The simple but painful truth is that I do have AIDS and have been HIV positive for many years. I shared that fact with very few people. I was determined it should not become the central fact of my life and I believed I still had a few good homilies in me as well as freedom to continue my pastoral ministry.

I think I made the right decision but, inevitably, the first subtle symptoms began to manifest themselves and I chose to retire rather than risk the decision being taken out of my hands by new complications.

I have been under a physician's care and have been given the new protease medications, which might turn this disease around. The fact that I'm still here may be cause for greater hope than I dared to expect. But, like others, I try not to get my hopes too high.

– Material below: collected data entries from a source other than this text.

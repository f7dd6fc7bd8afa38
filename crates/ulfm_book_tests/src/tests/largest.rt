// The largest world of 1,024 ranks, over shared words.
use crate::tests::member::{Member, Members, Outside};
use crate::tests::words::limits;
use std::process::Abort;
use std::test::Fail;
use ulfm_book::BookWords;
use ulfm_comm::Polled;
use ulfm_laws::FlagAnd;

/// All but the last rank contribute this flag.
const GIVEN: FlagAnd = FlagAnd { bits: 0xf };

/// Each member but the last contributes.
fn start_all(rt: &impl Abort, members: &mut [Member<FlagAnd>]) {
    for member in members {
        if member.number() < 1023 {
            assert_eq!(rt; member.iagree(0, GIVEN), Ok(()));
        }
    }
}

/// These ranks poll, and have one decision: how many there are.
fn poll_some(rt: &impl Abort, members: &mut [Member<FlagAnd>], ranks: &[u16]) -> u32 {
    let agreed = Polled::Agreed {
        value: GIVEN,
        failed: 1,
        raised: true,
    };
    let mut polled = 0u32;
    for member in members {
        if ranks.contains(&member.number()) {
            assert_eq!(rt; member.poll(0), Ok(agreed));
            polled = polled.wrapping_add(1);
        }
    }
    polled
}

#[test]
fn largest_world_agrees(rt: HostRuntime) -> Result<(), Fail> {
    let words: BookWords<FlagAnd> = BookWords::open(rt.alloc(), limits(1024, 2047))?;
    let opened = ulfm_wait::open(rt.alloc(), words)?;
    let (mut outside, mut members): (Outside<FlagAnd>, Members) = opened;
    assert_eq!(rt; members.len(), 1024);
    assert_eq!(rt; outside.fail(1023), Ok(true));
    start_all(&rt, &mut members);
    assert_eq!(rt; poll_some(&rt, &mut members, &[0, 1, 1022]), 3);
    Ok(())
}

I regret that constant fatigue makes it almost impossible to do creative things, much less continue my active ministry. I am kept humble if not guilty by the fact that my medical plan provides $2,500 a month for my medications, while so many are left without effective treatment.

Meanwhile, with so much time and quiet at my disposal, I have been free to reflect on my life, my commitment to ministry, the deeper implications of the church's law of celibacy, demanded as a precondition to ordination, and the church's seeming obsession with sins of the flesh, while too easily accepting structural injustices that constantly oppress the poor and powerless.

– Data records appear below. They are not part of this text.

// Calls of ranks on threads, over words that they share. No function here may wait.
ghost use Rattle.std.specs.Prelude.{◌≡◌};

use crate::tests::member::{Member, Members, Outside, declare_all, failed_group, often, open};
use std::alloc::{AllocError, Global};
use std::process::Abort;
use std::test::Fail;
use std::thread::{self, Threads, join};
use ulfm_book::BookTold;
use ulfm_comm::Polled;
use ulfm_laws::{FlagAnd, Packed};
use ulfm_model::Refusal;

type Reply = Result<Polled<FlagAnd>, Refusal>;

/// A flag with all bits but this one.
fn all_but(bit: u16) -> FlagAnd {
    FlagAnd {
        bits: !(1 << (u32::from(bit) % 64)),
    }
}

/// Each contributes on a thread of its own, all but the bit of its number.
fn start_all<R: Threads + Sync>(rt: &R, all: Members) -> Result<Members, AllocError> {
    thread::map_vec(
        rt,
        all,
        &|mut member| {
            let value = all_but(member.number());
            let _ = member.iagree(0, value);
            member
        },
    )
}

/// Each starts a shrink on a thread of its own.
fn shrink_all<R: Threads + Sync>(rt: &R, all: Members) -> Result<Members, AllocError> {
    thread::map_vec(
        rt,
        all,
        &|mut member| {
            let _ = member.ishrink(0);
            member
        },
    )
}

/// Each polls on a thread of its own, and comes back with its reply.
fn poll_and_keep<R: Threads + Sync>(
    rt: &R,
    all: Members,
) -> Result<Vec<(Reply, Member<FlagAnd>)>, AllocError> {
    thread::map_vec(rt, all, &|mut member| (member.poll(0), member))
}

/// Each polls on a thread of its own.
fn poll_all<R: Threads + Sync>(rt: &R, all: Members) -> Result<Vec<Reply>, AllocError> {
    thread::map_vec(rt, all, &|mut member| member.poll(0))
}

/// One contributes on a thread and is joined. Then another, which contributed before and was told nothing, polls.
fn start_then_poll<R: Threads>(
    rt: &R,
    mut starter: Member<FlagAnd>,
    mut reader: Member<FlagAnd>,
) -> (Result<(), Refusal>, Reply) {
    let (started, _) = join(rt, move || starter.iagree(0, all_but(0)), || ());
    let (reply, _) = join(rt, move || reader.poll(0), || ());
    (started, reply)
}

/// Somebody declares a rank on a thread and tells. A member learns on a thread what was told, and asks for the failed group.
fn declare_then_learn<P: Packed + Send + Sync, R: Threads>(
    rt: &R,
    alloc: Global,
    teller: Outside<P>,
    learner: Member<P>,
    rank: u16,
) -> Result<Vec<u16>, Refusal>
    requires { learner.view.words ≡ teller.words }
{
    let (told, _) = join(
        rt,
        move || -> BookTold<P>
            ensures { result.name ≡ teller.words }
        {
            let mut outside = teller;
            let _ = outside.fail(rank);
            outside.told()
        },
        || (),
    );
    let (group, _) = join(
        rt,
        move || -> Result<Vec<u16>, Refusal>
            requires { told.name ≡ learner.view.words }
        {
            let mut member = learner;
            member.learn(&told);
            failed_group(alloc, &mut member)
        },
        || (),
    );
    group
}

/// Each declares so many ranks on a thread of its own, the same rank at once: how many each declared.
fn declare_on_all<R: Threads + Sync>(
    rt: &R,
    all: Members,
    ranks: u16,
) -> Result<Vec<u16>, AllocError> {
    thread::map_vec(rt, all, &|mut member| declare_all(&mut member, ranks))
}

#[test]
fn agree_on_threads(rt: HostRuntime) -> Result<(), Fail> {
    let (_, all) = open(rt.alloc(), 4)?;
    let started = start_all(&rt, all)?;
    let agreed = Polled::Agreed {
        value: FlagAnd {
            bits: 0xffff_ffff_ffff_fff0,
        },
        failed: 0,
        raised: false,
    };
    for reply in poll_all(&rt, started)? {
        assert_eq!(rt; reply, Ok(agreed));
    }
    Ok(())
}

/// Of five ranks one is declared. The four others shrink, each on a thread of its own, and then poll at once: they have one
/// communicator, of one number and context id, with the same members in the same order.
fn spawn_once<R: Threads + Sync + Abort>(rt: &R, alloc: Global) -> Result<(), Fail> {
    let (_, mut all) = open(alloc, 5)?;
    all.retain(|member| member.number() != 1);
    assert!(rt; all.len() == 4);
    assert_eq!(rt; all[0].fail(1), Ok(true));
    let made = Polled::Shrunk {
        comm: 1,
        context: 1,
        size: 4,
    };
    let started = shrink_all(rt, all)?;
    for (reply, member) in poll_and_keep(rt, started)? {
        assert_eq!(rt; reply, Ok(made));
        assert!(rt;
            member.members(1) == Some([0, 2, 3, 4].as_slice()) && member.context(1) == Some(1)
        );
    }
    Ok(())
}

#[test]
fn one_spawn(rt: HostRuntime) -> Result<(), Fail> {
    often(&|| spawn_once(&rt, rt.alloc()))
}

#[test]
fn read_back(rt: HostRuntime) -> Result<(), Fail> {
    let (_, mut all) = open(rt.alloc(), 2)?;
    let mut reader = all.pop().expect(&rt, "rank 1");
    let starter = all.pop().expect(&rt, "rank 0");
    assert_eq!(rt; reader.iagree(0, all_but(1)), Ok(()));
    assert_eq!(rt; reader.poll(0), Ok(Polled::Pending));
    let (started, reply) = start_then_poll(&rt, starter, reader);
    assert_eq!(rt; started, Ok(()));
    let agreed = Polled::Agreed {
        value: FlagAnd {
            bits: 0xffff_ffff_ffff_fffc,
        },
        failed: 0,
        raised: false,
    };
    assert_eq!(rt; reply, Ok(agreed));
    Ok(())
}

#[test]
fn learned_failure(rt: HostRuntime) -> Result<(), Fail> {
    let (teller, mut all) = open::<FlagAnd>(rt.alloc(), 4)?;
    let learner = all.pop().expect(&rt, "rank 3");
    let group = declare_then_learn(&rt, rt.alloc(), teller, learner, 1);
    assert_eq!(rt; group, Ok(vec![in rt.alloc(); 1u16]?));
    Ok(())
}

#[test]
fn never_twice_a_rank(rt: HostRuntime) -> Result<(), Fail> {
    let (_, mut all) = open(rt.alloc(), 256)?;
    all.truncate(4);
    let mut wins: u32 = 0;
    for declared in declare_on_all(&rt, all, 256)? {
        wins = wins.saturating_add(u32::from(declared));
    }
    assert_eq!(rt; wins, 256);
    Ok(())
}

From childhood I always wanted to be a priest. I was fascinated by every facet of the priest's role, bringing comfort to those in distress and reassurance to those with doubts about God's love and forgiveness. Of course, I was not indifferent to the ritual mysteries and the deference of the people.

I never seriously considered any other vocation and, when I was ordained in 1962, I felt a tremendous sense of fulfillment. But I can say quite candidly that I never personally embraced celibacy as a gift from me to God or a grace from God to me. It was something I had to accept as the price of the priesthood I never wavered from wanting.

There was no apparent way to solve my sad dilemma. I could have summoned the courage to leave the ministry and find a deep personal relationship. But in fact that was no answer, because of my sexual orientation. The church had condemned the type of relationship for which I longed. To be in sync with the hierarchic church, I was destined to be celibate, like it or not.

In the context I have described, you won't be terribly surprised that I became persuaded of the emptiness of celibacy for me. In time I made decisions at odds with my vows -- some very foolish, unfortunate decisions for which I now pay a terrible price.

I must never deny responsibility for those decisions or try to contrive some innocent excuse. But neither can I deny that we priests have long realized that the institutional church has done extraordinary harm to both the laity and to us in its adamant stance on all sexual issues. We do well to remember that this is the same institutional church that only in our time gave approval to Galileo's discoveries and more recently gave us permission to explore the notion of evolution.

I will never regret becoming a priest. The love and affirmation I have experienced in my ministry is a priceless treasure to me. But I cannot avoid a deep, abiding sense of sorrow for the many ways in which we have failed to deal courageously with the sexual myopia of the institution. Perhaps my belated decision to share these thoughts will encourage other priests to speak, but I rather doubt it.

As for me, I will continue to draw strength from my oft- repeated preaching, which insists, "We do not have a God who has mercy. Rather, our God is mercy, love and forgiveness. Nothing shall I fear."